──────── RECORDS FOR THIS TASK
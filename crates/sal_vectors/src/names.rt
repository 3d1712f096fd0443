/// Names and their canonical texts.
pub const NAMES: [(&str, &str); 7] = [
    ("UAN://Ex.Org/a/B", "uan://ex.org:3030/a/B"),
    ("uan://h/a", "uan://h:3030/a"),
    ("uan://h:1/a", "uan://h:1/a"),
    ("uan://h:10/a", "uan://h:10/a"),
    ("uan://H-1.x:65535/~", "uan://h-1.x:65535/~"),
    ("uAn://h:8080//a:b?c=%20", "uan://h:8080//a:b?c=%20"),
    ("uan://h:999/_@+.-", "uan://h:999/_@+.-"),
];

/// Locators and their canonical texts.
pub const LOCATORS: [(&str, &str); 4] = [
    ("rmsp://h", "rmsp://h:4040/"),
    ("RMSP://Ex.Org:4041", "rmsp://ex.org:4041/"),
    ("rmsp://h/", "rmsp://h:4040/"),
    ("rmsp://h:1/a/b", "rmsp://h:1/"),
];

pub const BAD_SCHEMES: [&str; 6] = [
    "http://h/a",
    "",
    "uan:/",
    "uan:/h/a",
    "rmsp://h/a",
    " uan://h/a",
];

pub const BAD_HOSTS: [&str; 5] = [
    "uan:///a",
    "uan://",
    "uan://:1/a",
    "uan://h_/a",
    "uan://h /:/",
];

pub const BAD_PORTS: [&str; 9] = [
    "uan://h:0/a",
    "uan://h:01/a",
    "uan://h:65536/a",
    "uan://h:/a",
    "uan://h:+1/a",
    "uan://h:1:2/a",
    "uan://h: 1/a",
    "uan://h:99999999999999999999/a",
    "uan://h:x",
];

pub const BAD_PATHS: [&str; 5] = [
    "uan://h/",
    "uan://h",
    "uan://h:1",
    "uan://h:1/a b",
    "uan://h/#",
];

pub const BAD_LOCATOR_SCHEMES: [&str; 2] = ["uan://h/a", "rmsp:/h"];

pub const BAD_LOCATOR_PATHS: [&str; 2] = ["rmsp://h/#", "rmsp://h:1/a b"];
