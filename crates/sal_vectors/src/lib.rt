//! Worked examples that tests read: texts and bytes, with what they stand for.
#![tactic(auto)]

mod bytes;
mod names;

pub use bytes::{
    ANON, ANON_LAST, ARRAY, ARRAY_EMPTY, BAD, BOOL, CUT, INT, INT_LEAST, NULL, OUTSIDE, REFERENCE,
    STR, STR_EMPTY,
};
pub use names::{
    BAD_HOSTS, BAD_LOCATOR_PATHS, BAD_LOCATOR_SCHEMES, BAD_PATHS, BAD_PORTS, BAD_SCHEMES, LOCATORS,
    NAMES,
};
────────────────
Please copy out the data above exactly.

filename crates/sal_vectors/src/names.rt
repository 3d1712f096fd0443
/// Names and their canonical texts.
pub const NAMES: [(&str, &str); 7] = [
    ("UAN://Ex.Org/a/B", "uan://ex.org:3030/a/B"),
    ("uan://h/a", "uan://h:3030/a"),
    ("uan://h:1/a", "uan://h:1/a"),
    ("uan://h:10/a", "uan://h:10/a"),
    ("uan://H-1.x:65535/~", "uan://h-1.x:65535/~"),
    ("uAn://h:8080//a:b?c=%20", "uan://h:8080//a:b?c=%20"),
    ("uan://h:999/_@+.-", "uan://h:999/_@+.-"),
];

/// Locators and their canonical texts.
pub const LOCATORS: [(&str, &str); 4] = [
    ("rmsp://h", "rmsp://h:4040/"),
    ("RMSP://Ex.Org:4041", "rmsp://ex.org:4041/"),
    ("rmsp://h/", "rmsp://h:4040/"),
    ("rmsp://h:1/a/b", "rmsp://h:1/"),
];

pub const BAD_SCHEMES: [&str; 6] = [
    "http://h/a",
    "",
    "uan:/",
    "uan:/h/a",
    "rmsp://h/a",
    " uan://h/a",
];

pub const BAD_HOSTS: [&str; 5] = [
    "uan:///a",
    "uan://",
    "uan://:1/a",
    "uan://h_/a",
    "uan://h /:/",
];

pub const BAD_PORTS: [&str; 9] = [
    "uan://h:0/a",
    "uan://h:01/a",
    "uan://h:65536/a",
    "uan://h:/a",
    "uan://h:+1/a",
    "uan://h:1:2/a",
    "uan://h: 1/a",
    "uan://h:99999999999999999999/a",
    "uan://h:x",
];

pub const BAD_PATHS: [&str; 5] = [
    "uan://h/",
    "uan://h",
    "uan://h:1",
    "uan://h:1/a b",
    "uan://h/#",
];

pub const BAD_LOCATOR_SCHEMES: [&str; 2] = ["uan://h/a", "rmsp:/h"];

pub const BAD_LOCATOR_PATHS: [&str; 2] = ["rmsp://h/#", "rmsp://h:1/a b"];
filename crates/sal_vectors/src/lib.rt
//! Worked examples that tests read: texts and bytes, with what they stand for.
#![tactic(auto)]

mod bytes;
mod names;

pub use bytes::{
    ANON, ANON_LAST, ARRAY, ARRAY_EMPTY, BAD, BOOL, CUT, INT, INT_LEAST, NULL, OUTSIDE, REFERENCE,
    STR, STR_EMPTY,
};
pub use names::{
    BAD_HOSTS, BAD_LOCATOR_PATHS, BAD_LOCATOR_SCHEMES, BAD_PATHS, BAD_PORTS, BAD_SCHEMES, LOCATORS,
    NAMES,
};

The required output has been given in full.